Let the space spanned by the basis polynomials in $b^{(n)}(X, Y)$ be $L’_N(\mathbb{F})$. The basis $b^{(n)}(X, Y)$ has a total $N=2^n$ elements and thus the dimension of the space $L’_N(\mathbb{F})$ is $N$. However, the space of bivariate polynomials over the circle curve is $L_N(\mathbb{F})$ which has dimension $N+1$, as discussed in Part II.

We can identify the missing highest total degree element in $L’_N(\mathbb{F})$ by examining the basis. The highest total degree element in basis $b^{(n)}(X, Y)$ is: $$Y \cdot X \cdot \pi(X) \cdot \pi^2(X) \cdot \pi^3(X) \cdots \pi^{n-2}(X)$$

Using $deg(\pi^j(X) = 2^j)$, the highest degree of $X$ in the above term is: $$1 + 2 + 2^2 + 2^3 + \cdots + 2^{n-2} = 2^{n-1} - 1 = N/2 - 1$$

Since the highest degree of $X$ in $L’_N(\mathbb{F})$ is $N/2 - 1$, we can represent the space $L’_N(\mathbb{F})$ as follows: $$ L’_N(\mathbb{F}) = \mathbb{F}[X]^{ \leq N/2 - 1} + Y \cdot \mathbb{F}[X]^{ \leq N/2 - 1} $$ where $\mathbb{F}[X]^{ \leq N/2 - 1}$ represents polynomials of degree at most $N/2 - 1$ with coefficients in $\mathbb{F}$. Similarly, we can represent the space $L_N(\mathbb{F})$ as: $$ L_N(\mathbb{F}) = \mathbb{F}[X]^{ \leq N/2} + Y \cdot \mathbb{F}[X]^{ \leq N/2 - 1} $$

Thus the space $L’_N(\mathbb{F})$ does not include the monomial $X^{N/2}$, which lies in the space $L_N(\mathbb{F})$. Therefore, $$ L_N(\mathbb{F}) = L’_N(\mathbb{F}) + \langle X^{N/2} \rangle $$

Since the space spanned by $X^{N/2}$ is same as the space spanned by the vanishing polynomial $v_n(X)$ which has degree $deg(v_n) = 2^{n-1} =N/2$, we can also write: $$ L_N(\mathbb{F}) = L’_N(\mathbb{F}) + \langle v_n \rangle $$

A consequence of this dimension gap is that we cannot interpolate some polynomials over the circle i.e. those with $X^{N/2}$. We will see how to handle this in the next part of this series.

Conclusion

In this blog post, we explored the Circle FFT and its structural similarity to the classical Cooley–Tukey FFT. We also discussed the dimension gap between the space of polynomials over the circle curve and the space spanned by the basis of the Circle FFT.

We did not cover the inverse FFT, i.e., evaluating a polynomial at a given set of points.

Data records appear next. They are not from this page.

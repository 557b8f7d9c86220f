//! How many objects a full-expression takes.
ghost use Rattle.std.specs.Prelude.{◌≡◌, option_map};
ghost use Rattle.arc_class.specs.BrokenRules.{first};
ghost use Rattle.arc_judge.specs.Fault.{reported};
ghost use Rattle.arc_judge.specs.private.ExpressionJudgements.{counted, none_counted, one_counted};
ghost use Rattle.arc_judge.specs.Rules.{place_if};
ghost use Rattle.arc_sites.specs.Violations.{violates};

use arc_fault::check::CheckFault;

/// How many objects more an expression may take, and the first place past them at which it takes one.
#[derive(Clone, Copy)]
pub struct Taken {
    left: u8,
    past: Option<usize>,
}

/// How many objects a full-expression takes at most.
const MOST_TAKEN: u8 = 200;

impl Taken {
    /// Before a full-expression.
    pub fn none() -> Taken
        ensures { result ≡ none_counted }
    {
        Taken {
            left: MOST_TAKEN,
            past: None,
        }
    }

    /// One object more is taken, at the place.
    fn one(self, at: usize) -> Taken
        ensures { result ≡ one_counted self at }
    {
        if self.left > 0 {
            return Taken {
                left: self.left - 1,
                past: self.past,
            };
        }
        match self.past {
            Some(_) => self,
            None => Taken {
                left: 0,
                past: Some(at),
            },
        }
    }

    /// The same, if one is taken.
    pub fn one_if(self, so: bool, at: usize) -> Taken
        ensures { result ≡ counted self (place_if so at) }
    {
        if so { self.one(at) } else { self }
    }

    /// The rule that is broken where more are taken.
    pub fn fault(self) -> Option<CheckFault>
        ensures { option_map reported result ≡ first (violates 50 self.past) }
    {
        match self.past {
            None => None,
            Some(at) => Some(CheckFault::TooManyLocals(at)),
        }
    }
}
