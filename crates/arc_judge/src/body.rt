//! Finds the first rule that is broken in the functions of a source.
ghost use Rattle.std.specs.Prelude.{◌≡◌, true, false, [], ◌++◌, IfOk, OnOk, nat_lt, not, option_map, take, length};
ghost use Rattle.std.specs.Option.{option_map_or};
ghost use Rattle.std.specs.List.{flat_map};
ghost use Rattle.arc_ast.specs.Tree.{expr_tree, type_tree, variable_trees, parameter_trees, stmt_tree, stmt_trees, function_tree, function_trees};
ghost use Rattle.arc_class.specs.FunctionRules.{same_kind};
ghost use Rattle.arc_class.specs.BrokenRules.{broken_if, first};
ghost use Rattle.arc_class.specs.declared.table.ClassTable.{ClassTable};
ghost use Rattle.arc_judge.specs.Fault.{reported};
ghost use Rattle.arc_judge.specs.Rules.{broken_clauses, broken_test, broken_whole, broken_initial, broken_variables, broken_parameters, broken_result, broken_stmt, broken_stmts, broken_body, broken_function};
ghost use Rattle.arc_scope.specs.Scopes.{has_place, leave, outermost, scope_after, scope_after_all, with_variables, with_parameters};
ghost use Rattle.arc_scope.specs.Views.{known_in, seen};

use crate::rule::place;
use crate::whole::{initial_fault, judge_whole, result_fault, test_fault};
use arc_ast::tree::{Expr, Function, Kind, Parameter, Stmt, TypeName, Variable};
use arc_class::table::ClassTable;
use arc_fault::check::CheckFault;
use arc_scope::scope::Visible;
use arc_sites::parameter::named_parameters;
use arc_sites::violation::earlier;
use std::alloc::{AllocError, Global};

/// The first rule that is broken in what a variable of the type begins with.
fn initial<'a>(
    table: &ClassTable<'a>,
    visible: &Visible<'a>,
    type_name: &TypeName,
    expr: &'a Option<Expr>,
) -> Option<CheckFault>
    ensures { option_map reported result ≡ first (broken_initial (seen table.now visible.now) (type_tree type_name.now) (option_map expr_tree expr.now)) }
{
    match expr {
        None => None,
        Some(expr) => initial_fault(table, visible, type_name, expr),
    }
}

/// The first rule that is broken in what a function returns.
fn returned<'a>(
    table: &ClassTable<'a>,
    visible: &Visible<'a>,
    expr: &'a Option<Expr>,
) -> Option<CheckFault>
    ensures { option_map reported result ≡ first (broken_result (seen table.now visible.now) (option_map expr_tree expr.now)) }
{
    let Some(expr) = expr else {
        return None;
    };
    if is_void(visible.result) {
        let judged = judge_whole(table, visible, expr);
        earlier(judged.fault, Some(CheckFault::KindMismatch(place(expr))))
    } else {
        result_fault(table, visible, expr)
    }
}

/// The rule that one variable more breaks, whose name is at this place.
fn place_fault(visible: &Visible, at: usize) -> Option<CheckFault>
    ensures { (table : ClassTable) → option_map reported result ≡ first (broken_if (not (has_place (seen table visible.now))) at 50) }
{
    if visible.is_full() {
        Some(CheckFault::TooManyLocals(at))
    } else {
        None
    }
}

/// The first rule that a declaration of variables of the type breaks.
fn variables<'a>(
    table: &ClassTable<'a>,
    visible: &mut Visible<'a>,
    type_name: &'a TypeName,
    all: &'a [Variable],
) -> Result<Option<CheckFault>, AllocError>
    ensures fault { IfOk result (λ fault. option_map reported fault ≡ first (broken_variables (type_tree type_name.now) (seen table.now visible.old) (variable_trees all.now))) }
    ensures scope { OnOk result (seen table.now visible.new ≡ with_variables (type_tree type_name.now) (seen table.now visible.old) (variable_trees all.now)) }
    ensures keeps { OnOk result (take (length visible.old.bound.items) visible.new.bound.items ≡ visible.old.bound.items) }
{
    let mut fault = None;
    for variable in all {
        fault = earlier(fault, place_fault(visible, variable.at));
        visible.declare(table, type_name, &variable.name)?;
        fault = earlier(fault, initial(table, visible, type_name, &variable.initial));
    }
    Ok(fault)
}

/// The first rule that parameters break.
fn parameters<'a>(
    table: &ClassTable<'a>,
    visible: &mut Visible<'a>,
    all: &'a [Parameter],
) -> Result<Option<CheckFault>, AllocError>
    ensures fault { IfOk result (λ fault. option_map reported fault ≡ first (broken_parameters (seen table.now visible.old) (parameter_trees all.now))) }
    ensures scope { OnOk result (seen table.now visible.new ≡ with_parameters (seen table.now visible.old) (parameter_trees all.now)) }
{
    let mut fault = None;
    for parameter in all {
        fault = earlier(fault, place_fault(visible, parameter.at));
        visible.declare(table, &parameter.type_name, &parameter.name)?;
    }
    Ok(fault)
}

/// The rule that a `break` or a `continue` at this place breaks, which is in the body of a loop or isn't.
fn loop_fault(in_loop: bool, at: usize) -> Option<CheckFault>
    ensures { option_map reported result ≡ first (broken_if (not in_loop) at 48) }
{
    if in_loop {
        None
    } else {
        Some(CheckFault::OutsideLoop(at))
    }
}

/// The first rule that is broken in the test of a `for`, if there is one.
fn maybe_test<'a>(
    table: &ClassTable<'a>,
    visible: &Visible<'a>,
    expr: &'a Option<Expr>,
) -> Option<CheckFault>
    ensures { option_map reported result ≡ first (option_map_or (broken_test (seen table.now visible.now)) (option_map expr_tree expr.now) []) }
{
    match expr {
        None => None,
        Some(expr) => test_fault(table, visible, expr),
    }
}

/// The first rule that is broken in the step of a `for`, if there is one.
fn maybe_step<'a>(
    table: &ClassTable<'a>,
    visible: &Visible<'a>,
    expr: &'a Option<Expr>,
) -> Option<CheckFault>
    ensures { option_map reported result ≡ first (option_map_or (broken_whole (seen table.now visible.now)) (option_map expr_tree expr.now) []) }
{
    match expr {
        None => None,
        Some(expr) => judge_whole(table, visible, expr).fault,
    }
}

/// The first rule that is broken in the test and the step of a `for`.
fn clauses<'a>(
    table: &ClassTable<'a>,
    visible: &Visible<'a>,
    test: &'a Option<Expr>,
    step: &'a Option<Expr>,
) -> Option<CheckFault>
    ensures { option_map reported result ≡ first (broken_clauses (seen table.now visible.now) (option_map expr_tree test.now) (option_map expr_tree step.now)) }
{
    let test = maybe_test(table, visible, test);
    earlier(test, maybe_step(table, visible, step))
}

/// The first rule that is broken in a statement that is a scope of its own.
#[cycle(statements)]
fn scoped<'a>(
    table: &ClassTable<'a>,
    in_loop: bool,
    visible: &mut Visible<'a>,
    inner: &'a Stmt,
) -> Result<Option<CheckFault>, AllocError>
    ensures fault { IfOk result (λ fault. option_map reported fault ≡ first (broken_stmt in_loop (seen table.now visible.old) (stmt_tree inner.now))) }
    ensures scope { OnOk result (seen table.now visible.new ≡ leave (seen table.now visible.old) (scope_after (seen table.now visible.old) (stmt_tree inner.now))) }
    ensures keeps { OnOk result (visible.new.bound.items ≡ visible.old.bound.items) }
{
    let count = visible.bound.len();
    let fault = statement(table, in_loop, visible, inner)?;
    visible.leave(count);
    Ok(fault)
}

/// The first rule that is broken in a block.
#[cycle(statements)]
fn block<'a>(
    table: &ClassTable<'a>,
    in_loop: bool,
    visible: &mut Visible<'a>,
    all: &'a [Stmt],
) -> Result<Option<CheckFault>, AllocError>
    ensures fault { IfOk result (λ fault. option_map reported fault ≡ first (broken_stmts in_loop (seen table.now visible.old) (stmt_trees all.now))) }
    ensures scope { OnOk result (seen table.now visible.new ≡ leave (seen table.now visible.old) (scope_after_all (seen table.now visible.old) (stmt_trees all.now))) }
    ensures keeps { OnOk result (visible.new.bound.items ≡ visible.old.bound.items) }
{
    let count = visible.bound.len();
    let fault = statements(table, in_loop, visible, all)?;
    visible.leave(count);
    Ok(fault)
}

/// The first rule that is broken in a statement.
#[cycle(statements)]
fn statement<'a>(
    table: &ClassTable<'a>,
    in_loop: bool,
    visible: &mut Visible<'a>,
    statement: &'a Stmt,
) -> Result<Option<CheckFault>, AllocError>
    ensures fault { IfOk result (λ fault. option_map reported fault ≡ first (broken_stmt in_loop (seen table.now visible.old) (stmt_tree statement.now))) }
    ensures scope { OnOk result (seen table.now visible.new ≡ scope_after (seen table.now visible.old) (stmt_tree statement.now)) }
    ensures keeps { OnOk result (take (length visible.old.bound.items) visible.new.bound.items ≡ visible.old.bound.items) }
{
    match statement {
        Stmt::Block(_, all) => block(table, in_loop, visible, all),
        Stmt::Empty(_) => Ok(None),
        Stmt::Expr(expr) => Ok(judge_whole(table, visible, expr).fault),
        Stmt::Return(_, expr) => Ok(returned(table, visible, expr)),
        Stmt::Variables(_, _, type_name, all) => variables(table, visible, type_name, all),
        Stmt::If(_, test, then) => {
            let fault = test_fault(table, visible, test);
            let inside = scoped(table, in_loop, visible, then)?;
            Ok(earlier(fault, inside))
        }
        Stmt::IfElse(_, test, then, other) => {
            let fault = test_fault(table, visible, test);
            let first = scoped(table, in_loop, visible, then)?;
            let second = scoped(table, in_loop, visible, other)?;
            Ok(earlier(fault, earlier(first, second)))
        }
        Stmt::While(_, _, test, body) => {
            let fault = test_fault(table, visible, test);
            let inside = scoped(table, true, visible, body)?;
            Ok(earlier(fault, inside))
        }
        Stmt::For(_, beginning, test, step, body) => {
            stepped(table, visible, beginning, test, step, body)
        }
        Stmt::Break(at) => Ok(loop_fault(in_loop, *at)),
        Stmt::Continue(at) => Ok(loop_fault(in_loop, *at)),
    }
}

/// The first rule that is broken in a `for`, which is a scope of its own.
#[cycle(statements)]
fn stepped<'a>(
    table: &ClassTable<'a>,
    visible: &mut Visible<'a>,
    beginning: &'a Stmt,
    test: &'a Option<Expr>,
    step: &'a Option<Expr>,
    body: &'a Stmt,
) -> Result<Option<CheckFault>, AllocError>
    ensures fault { let s = seen table.now visible.old in let own = scope_after s (stmt_tree beginning.now) in
        IfOk result (λ fault. option_map reported fault ≡ first (broken_stmt false s (stmt_tree beginning.now)
        ++ (broken_clauses own (option_map expr_tree test.now) (option_map expr_tree step.now) ++ broken_stmt true own (stmt_tree body.now)))) }
    ensures scope { let s = seen table.now visible.old in OnOk result (seen table.now visible.new ≡ leave s (scope_after (scope_after s (stmt_tree beginning.now)) (stmt_tree body.now))) }
    ensures keeps { OnOk result (visible.new.bound.items ≡ visible.old.bound.items) }
{
    let count = visible.bound.len();
    let before = statement(table, false, visible, beginning)?;
    let clauses = clauses(table, visible, test, step);
    let inside = scoped(table, true, visible, body)?;
    visible.leave(count);
    Ok(earlier(before, earlier(clauses, inside)))
}

/// The first rule that is broken in the statements of a block.
#[cycle(statements)]
fn statements<'a>(
    table: &ClassTable<'a>,
    in_loop: bool,
    visible: &mut Visible<'a>,
    all: &'a [Stmt],
) -> Result<Option<CheckFault>, AllocError>
    ensures fault { IfOk result (λ fault. option_map reported fault ≡ first (broken_stmts in_loop (seen table.now visible.old) (stmt_trees all.now))) }
    ensures scope { OnOk result (seen table.now visible.new ≡ scope_after_all (seen table.now visible.old) (stmt_trees all.now)) }
    ensures keeps { OnOk result (take (length visible.old.bound.items) visible.new.bound.items ≡ visible.old.bound.items) }
{
    let mut fault = None;
    for one in all {
        fault = earlier(fault, statement(table, in_loop, visible, one)?);
    }
    Ok(fault)
}

/// How many parameters a function or a method has at most.
const MOST_PARAMETERS: usize = 16;

/// The rule that a function or a method with so many parameters breaks, at its place.
pub fn count_fault(at: usize, count: usize) -> Option<CheckFault>
    ensures { option_map reported result ≡ first (broken_if (nat_lt MOST_PARAMETERS count) at 45) }
{
    if count > MOST_PARAMETERS {
        Some(CheckFault::ArgumentCount(at))
    } else {
        None
    }
}

/// Whether nothing is of the kind.
pub fn is_void(kind: Kind) -> bool
    ensures { result ≡ same_kind kind Kind.Void }
{
    matches!(kind, Kind::Void)
}

/// The first rule that is broken in a body, its parameters among it, from what is visible before them.
pub fn inside<'a>(
    table: &ClassTable<'a>,
    mut visible: Visible<'a>,
    named: &'a [Parameter],
    all: &'a [Stmt],
) -> Result<Option<CheckFault>, AllocError>
    ensures { IfOk result (λ fault. option_map reported fault ≡ first (broken_body (seen table.now visible.entry) (parameter_trees named.now) (stmt_trees all.now))) }
{
    let fault = parameters(table, &mut visible, named)?;
    Ok(earlier(fault, statements(table, false, &mut visible, all)?))
}

/// The first rule that is broken in the body of a function that gives a value of the kind, if it has one.
fn body<'a>(
    alloc: Global,
    table: &ClassTable<'a>,
    gives: Kind,
    named: &'a [Parameter],
    all: &'a Option<Vec<Stmt>>,
) -> Result<Option<CheckFault>, AllocError>
    ensures { IfOk result (λ fault. option_map reported fault
        ≡ first (option_map_or (broken_body (outermost (known_in table.now) gives) (parameter_trees named.now)) (option_map (λ b. stmt_trees b.items) all.now) [])) }
{
    let Some(all) = all else {
        return Ok(None);
    };
    let visible = Visible::new(alloc, gives);
    inside(table, visible, named, all)
}

/// The first rule that is broken in a function.
fn function<'a>(
    alloc: Global,
    table: &ClassTable<'a>,
    function: &'a Function,
) -> Result<Option<CheckFault>, AllocError>
    ensures { IfOk result (λ fault. option_map reported fault ≡ first (broken_function (known_in table.now) (function_tree function.now))) }
{
    let named = named_parameters(&function.parameters);
    let own = count_fault(function.at, named.len());
    let gives = function.result.kind();
    let inside = body(alloc, table, gives, named, &function.body)?;
    Ok(earlier(own, inside))
}

/// The first rule that is broken in the functions.
pub fn judge_functions<'a>(
    alloc: Global,
    table: &ClassTable<'a>,
    functions: &'a [Function],
) -> Result<Option<CheckFault>, AllocError>
    ensures { IfOk result (λ fault. option_map reported fault ≡ first (flat_map (broken_function (known_in table.now)) (function_trees functions.now))) }
{
    let mut fault = None;
    for one in functions {
        fault = earlier(fault, function(alloc, table, one)?);
    }
    Ok(fault)
}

However, the approach is conceptually similar and all operations can be run in reverse. This is left as an exercise to the reader.

In the next part, we’ll address how this dimension gap is handled within the FRI protocol and see how all the ideas from the previous posts come together to build the Circle STARK.